EM: Oh, absolutely. There’s no question. It’s just like what you mentioned with theocracy. In other words, we’ve been fooled into a false choice…When you talk about American Exceptionalism, people like Barack Obama and others have infamously misunderstood this idea to mean that, yeah, we think we’re better, we think we’re extra-special…It’s not we as human beings, as Americans, that are better or special but these ideas that we’ve been privileged to live under (are). These ideas are meant, first of all, for everybody. When we talk about American Exceptionalism the irony is that these beautiful ideas which began here, and which have flourished most clearly here, were never meant only for us. Like every gift – like the gift of the Gospel, the Good News of Jesus Christ – it is beautiful, special and exceptional precisely because it’s meant for everyone. So, there’s an irony and a paradox that is at the heart of it. If you don’t understand that, you’re either going to kick against it or you’re gonna embrace it foolishly and tribalistically. We, as Christians, have an obligation to see exactly what is meant by this because, if you get it wrong is either direction, it leads to disaster.

JWK: So, you’re talking about the importance of balance.

EM: Well, you could call it balance. I think it’s just an issue of getting it right. The Founders understood that without virtue and faith you cannot have liberty but they also understood that you cannot mandate faith and virtue – that, once you mandate them through law, you cease to have freedom. So, there’s the paradox. You have to encourage these things but you cannot mandate them. They have to come freely from the people but if the people have been persuaded that we’re to keep our faith in a box – that I’m to keep my religion in this little religious corner only to talk on “Gospel-related issues” -you’ve already defanged the Church.

The Church cannot live out its faith if its persuaded that it has to live in its little religious corner.
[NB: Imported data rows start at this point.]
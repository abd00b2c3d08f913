//! Disks over files of the system, and a rack that has its disks in memory or in a folder.
#![tactic(auto)]

mod file_disk;
mod folder;
mod handed_disks;
mod host_disk;
mod host_rack;

pub use file_disk::FileDisk;
pub use folder::JournalName;
pub use host_disk::HostDisk;
pub use host_rack::HostRack;
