//! Loads the journal of a disk, and begins one on a disk of no bytes.
ghost use Rattle.std.specs.Prelude.{◌≡◌, ◌+◌, ◌<◌, ◌≤◌, ◌++◌, ◌∷◌, [], length, is_some, false, IsSome, IfSome, IfOk, IfErr, OnOk};
ghost use Rattle.walter_disk.specs.Images.{Only, IsDurable, IsImage, LeavesOnly};
ghost use Rattle.walter_journal.specs.Faults.{HasCause, IsDiskFault};
ghost use Rattle.walter_journal.specs.Journals.{end_of, capacity_of, calls_of_load, disk_behind, StandsFor};
ghost use Rattle.walter_journal.specs.Layout.{header_in, end_behind};
ghost use Rattle.walter_journal.specs.Steps.{IsReady, IsLeft};

use crate::bodies::Bodies;
use crate::fault::JournalFault;
use crate::journal::Journal;
use crate::layout::bodies_of;
use std::alloc::Global;
use walter_base::Format;
use walter_disk::{Disk, write_and_sync};

// A header and a closed gate.
fn empty_in(format: Format) -> [u8; 9]
    ensures { result ≡ header_in format ++ 0 ∷ [] }
{
    match format {
        Format::First => *b"WALTERJ1\0",
        Format::Second => *b"WALTERJ2\0",
    }
}

/// Loads the journal of a disk, and makes an empty one of this format on a disk of no bytes. A disk that has bytes is
/// settled first, whatever happened to it. With the bodies comes the format that the header names. At a fault the disk
/// comes back.
pub fn load<D: Disk>(
    alloc: Global,
    mut disk: D,
    capacity: u64,
    format: Format,
) -> Result<(Journal<D>, Bodies, Format), (D, JournalFault)>
    // Where the disk tells its bytes, the journal stands for the bodies.
    ensures loaded { IsSome (D.known disk).reads → IfOk result (λ it. StandsFor it.2 it.0 it.1) }
    ensures fresh { (D.known disk).size ≡ 0 → IfOk result (λ it. (it.1 ≡ []) × (it.2 ≡ format)) }
    ensures image { 0 < (D.known disk).size
        → OnOk result (IsImage (D.known (disk_behind result)).reads (D.may_leave disk)) }
    ensures capacity { IfOk result (λ it. capacity_of it.0 ≡ capacity) }
    ensures end { IfOk result (λ it. end_of it.0 ≡ end_behind it.1) }

    // A new journal is the header and a closed gate. A crash while it is made leaves no more bytes than that.
    ensures header { (D.known disk).size ≡ 0
        → OnOk result (IfSome (D.known (disk_behind result)).reads (λ bytes. bytes ≡ header_in format ++ 0 ∷ [])) }
    ensures first { (D.known disk).size ≡ 0 → Only [] (D.may_leave disk)
        → LeavesOnly D.moment D.left_since disk (disk_behind result) (λ image. length image ≤ 9) }

    // How many calls an arm counts: a write and a sync on a disk of no bytes, and one read on another.
    ensures device { OnOk result (D.device_calls (disk_behind result)
        ≡ D.device_calls disk + calls_of_load (D.known disk).size) }
    ensures at_most { D.device_calls (disk_behind result)
        ≤ D.device_calls disk + calls_of_load (D.known disk).size }

    // Whatever it answers, the disk was not settled, or reads what a crash might have left.
    ensures settled { 0 < (D.known disk).size
        → IsLeft (D.may_leave disk) (D.known disk) (D.known (disk_behind result)) }
    ensures whole { OnOk result ((D.known (disk_behind result)).broken ≡ false) }
    ensures faultless { OnOk result ((D.known (disk_behind result)).faults ≡ (D.known disk).faults) }

    // Why it failed. `layouts_differ` says that these exclude each other.
    ensures cause { IfErr result (λ left.
        HasCause left.1 (D.may_leave disk) (D.known disk) (D.known left.0)) }

    ensures arms { (D.known (disk_behind result)).arms ≡ (D.known disk).arms }
    ensures tells { is_some (D.known (disk_behind result)).reads ≡ is_some (D.known disk).reads }

    // A crash at any moment leaves what it might have left before.
    ensures any_moment { 0 < (D.known disk).size
        → LeavesOnly D.moment D.left_since disk (disk_behind result) (D.may_leave disk) }
{
    let found = if disk.size() == 0 {
        begin(alloc, &mut disk, format)
    } else {
        resume(alloc, &mut disk)
    };
    match found {
        Ok((bodies, end, format)) => {
            Ok((Journal::new(alloc, disk, capacity, end), bodies, format))
        }
        Err(fault) => Err((disk, fault)),
    }
}

/// Makes an empty journal of this format on a disk of no bytes, and gives the place behind its gate.
pub fn begin<D: Disk>(
    alloc: Global,
    disk: &mut D,
    format: Format,
) -> Result<(Bodies, u64, Format), JournalFault>
    requires { (D.known disk.old).size ≡ 0 }
    ensures empty { IfOk result (λ found. (found.0 ≡ []) × (found.2 ≡ format)) }
    ensures ok { IfOk result (λ found.
        IsReady found.2 found.0 found.1 (D.may_leave disk.new) (D.known disk.new)) }
    ensures faultless { OnOk result ((D.known disk.new).faults ≡ (D.known disk.old).faults) }
    ensures cause { IfErr result (λ fault.
        HasCause fault (D.may_leave disk.old) (D.known disk.old) (D.known disk.new)) }
    ensures arms { (D.known disk.new).arms ≡ (D.known disk.old).arms }
    ensures tells { is_some (D.known disk.new).reads ≡ is_some (D.known disk.old).reads }
    ensures header { OnOk result (IfSome (D.known disk.new).reads (λ bytes. bytes ≡ header_in format ++ 0 ∷ [])) }
    ensures first { Only [] (D.may_leave disk.old)
        → LeavesOnly D.moment D.left_since disk.old disk.new (λ image. length image ≤ 9) }
    ensures device { OnOk result (D.device_calls disk.new ≡ D.device_calls disk.old + 2) }
    ensures at_most { D.device_calls disk.new ≤ D.device_calls disk.old + 2 }
{
    disk.reserve(9, 2)?;
    write_and_sync(disk, 0, &empty_in(format))?;
    Ok((Bodies::new(alloc), 9, format))
}

// Reads the journal of a disk that has bytes.
fn resume<D: Disk>(alloc: Global, disk: &mut D) -> Result<(Bodies, u64, Format), JournalFault>
    requires { 0 < (D.known disk.old).size }
    ensures ok { IfOk result (λ found.
        IsReady found.2 found.0 found.1 (D.may_leave disk.new) (D.known disk.new)) }
    ensures settled { IsLeft (D.may_leave disk.old) (D.known disk.old) (D.known disk.new) }
    ensures image { OnOk result (IsImage (D.known disk.new).reads (D.may_leave disk.old)) }
    ensures faultless { OnOk result ((D.known disk.new).faults ≡ (D.known disk.old).faults) }
    ensures cause { IfErr result (λ fault.
        HasCause fault (D.may_leave disk.old) (D.known disk.old) (D.known disk.new)) }
    ensures arms { (D.known disk.new).arms ≡ (D.known disk.old).arms }
    ensures tells { is_some (D.known disk.new).reads ≡ is_some (D.known disk.old).reads }
    ensures any_moment { LeavesOnly D.moment D.left_since disk.old disk.new (D.may_leave disk.old) }
    ensures device { OnOk result (D.device_calls disk.new ≡ D.device_calls disk.old + 1) }
    ensures at_most { D.device_calls disk.new ≤ D.device_calls disk.old + 1 }
{
    let bytes = settle_and_read(alloc, disk)?;
    let (bodies, end, format) = bodies_of(alloc, &bytes)?;
    Ok((bodies, end as u64, format))
}

/// All the bytes of a disk, which is settled first.
pub fn settle_and_read<D: Disk>(alloc: Global, disk: &mut D) -> Result<Vec<u8>, JournalFault>
    requires { 0 < (D.known disk.old).size }
    ensures told { IfOk result (λ bytes. IfSome (D.known disk.new).reads (λ told. bytes.items ≡ told)) }
    ensures size { IfOk result (λ bytes. length bytes.items ≡ (D.known disk.new).size) }
    ensures settled { IsLeft (D.may_leave disk.old) (D.known disk.old) (D.known disk.new) }
    ensures image { OnOk result (IsImage (D.known disk.new).reads (D.may_leave disk.old)) }
    ensures durable { OnOk result (IsDurable (D.known disk.new).reads (D.may_leave disk.new)) }
    ensures whole { OnOk result ((D.known disk.new).broken ≡ false) }
    ensures faultless { OnOk result ((D.known disk.new).faults ≡ (D.known disk.old).faults) }
    ensures cause { IfErr result (IsDiskFault (D.known disk.old) (D.known disk.new)) }
    ensures arms { (D.known disk.new).arms ≡ (D.known disk.old).arms }
    ensures tells { is_some (D.known disk.new).reads ≡ is_some (D.known disk.old).reads }
    ensures any_moment { LeavesOnly D.moment D.left_since disk.old disk.new (D.may_leave disk.old) }
    ensures device { OnOk result (D.device_calls disk.new ≡ D.device_calls disk.old + 1) }
    ensures at_most { D.device_calls disk.new ≤ D.device_calls disk.old + 1 }
{
    let size = disk.size();
    disk.reserve(size, 1)?;
    disk.settle()?;
    let size = disk.size();
    let mut bytes = vec![in alloc; 0; size as usize]?;
    disk.read(0, &mut bytes)?;
    Ok(bytes)
}
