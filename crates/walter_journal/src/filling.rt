//! Zeros behind the last byte of a disk.
ghost use Rattle.std.specs.Prelude.{◌≡◌, ◌+◌, ◌-◌, ◌≤◌, min, length, OnOk, OnErr};
ghost use Rattle.walter_disk.specs.Disks.{Fails, TakesRoom};
ghost use Rattle.walter_disk.specs.Images.{Follows, LeavesOnly};
ghost use Rattle.walter_journal.specs.Zeros.{zeros as zeros_of, filled_disk, writes_of, Grows, HasGrown};

use walter_disk::{Disk, Failed};

/// Writes zeros behind the last byte of a disk, up to a place, and makes nothing safe. The zeros that it is given are those
/// of a write.
pub fn fill<D: Disk>(disk: &mut D, zeros: &[u8], to: u64) -> Result<(), Failed>
    requires zeros { zeros.now ≡ zeros_of (length zeros.now) }
    requires few { length zeros.now ≤ 65536 }
    requires enough { min 65536 (to - (D.known disk.old).size) ≤ length zeros.now }
    requires end { to ≤ D.room_end disk.old }
    requires calls { writes_of (to - (D.known disk.old).size) ≤ D.room_calls disk.old }
    ensures done { OnOk result (D.known disk.new ≡ filled_disk to (D.known disk.old)) }
    ensures failed { OnErr result (Fails (D.known disk.old) (D.known disk.new)) }
    ensures room { TakesRoom (writes_of (to - (D.known disk.old).size))
        (D.room_end disk.old) (D.room_end disk.new) (D.room_calls disk.old) (D.room_calls disk.new) }
    ensures device { OnOk result (
        D.device_calls disk.new ≡ D.device_calls disk.old + writes_of (to - (D.known disk.old).size)) }
    ensures at_most { D.device_calls disk.new
        ≤ D.device_calls disk.old + writes_of (to - (D.known disk.old).size) }

    // A crash leaves what there was, with any bytes behind it.
    ensures crash { Follows (Grows (D.known disk.old).size to) (D.may_leave disk.old) (D.may_leave disk.new) }
    ensures any_moment { LeavesOnly D.moment D.left_since disk.old disk.new
        (HasGrown (D.known disk.old).size to (D.may_leave disk.old)) }
{
    let mut at = disk.size();
    while at < to {
        let count = (to - at).min(zeros.len() as u64);
        disk.write_at(at, &zeros[..count as usize])?;
        at += count;
    }
    Ok(())
}
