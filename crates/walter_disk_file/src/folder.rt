//! A folder with a file for the journal of each site.
use crate::file_disk::FileDisk;
use std::alloc::{AllocError, Global};
use std::fmt;
use std::fs::{File, Files};
use std::path::PathBuf;
use walter_disk::Failed;

/// The name of the file that has the journal of a site.
#[derive(Clone, Copy, Debug)]
pub struct JournalName {
    pub site: u8,
}

impl fmt::Display for JournalName {
    fn fmt<W: fmt::Write>(&self, f: &mut fmt::Formatter<W>) -> fmt::Result {
        write!(f, "site-{}.journal", self.site)
    }
}

/// A folder that has the file of each site, and the system that it lies in.
#[derive(Drop)]
pub(crate) struct Folder<X: Files<File = File> + Drop> {
    pub files: X,
    pub path: String,
}

impl<X: Files<File = File> + Drop> Folder<X> {
    ghost use Rattle.std.specs.Prelude.{◌≡◌, IfOk};
    ghost use Rattle.walter_disk_file.specs.FileDisks.{fresh_disk};

    /// The disk over a site's file, in this folder or in another that is named. Want of memory is a fault too.
    pub(crate) fn open(
        &self,
        alloc: Global,
        site: u8,
        dir: Option<&str>,
    ) -> Result<FileDisk, Failed>
        ensures { IfOk result (λ disk. disk ≡ fresh_disk disk.size) }
    {
        let dir = dir.unwrap_or(self.path.as_str());
        match path_of(alloc, dir, site) {
            Ok(path) => FileDisk::open(&self.files, path.as_path()),
            Err(_) => Err(Failed),
        }
    }
}

// The file of a site in a folder.
fn path_of(alloc: Global, dir: &str, site: u8) -> Result<PathBuf, AllocError> {
    let mut path = PathBuf::from_str(alloc, dir)?;
    path.push(format!(in alloc; "{}", JournalName { site })?)?;
    Ok(path)
}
We are never meant to live in a little religious corner with our faith. We’re meant to take our faith beyond the churches, beyond Sunday morning, into every part life – to bless every part of life, to bring the values of the Scripture into every part of life.

Wilberforce did that on the issue of slavery. He said “I’m a Christian but I’m not going to pretend that only Christians should see slavery as wrong. It is universally wrong and we want to take this idea into the whole country. We want to persuade the whole country that we have to end the slave trade and end slavery.” The Abolitionists in America felt the same way. They said “The Scripture is clear. Slavery is wrong in the same way that murder is wrong. We have to stand against it.” We can’t just say “Oh, well. We Christians won’t buy slaves.” That’s not the way it works. When something is right or wrong, you want to tell the whole world. You want to, in a sense, bless others by letting them know what is right and true.

I think some Christians today, who may be weary of the culture wars, have persuaded themselves that there’s a theological reason for us to be silent on all kinds of issues. In the past, that’s only led to tragedy.

JWK: You talk about how bad ideas often stem from bad ideas that got twisted. Can you explain that?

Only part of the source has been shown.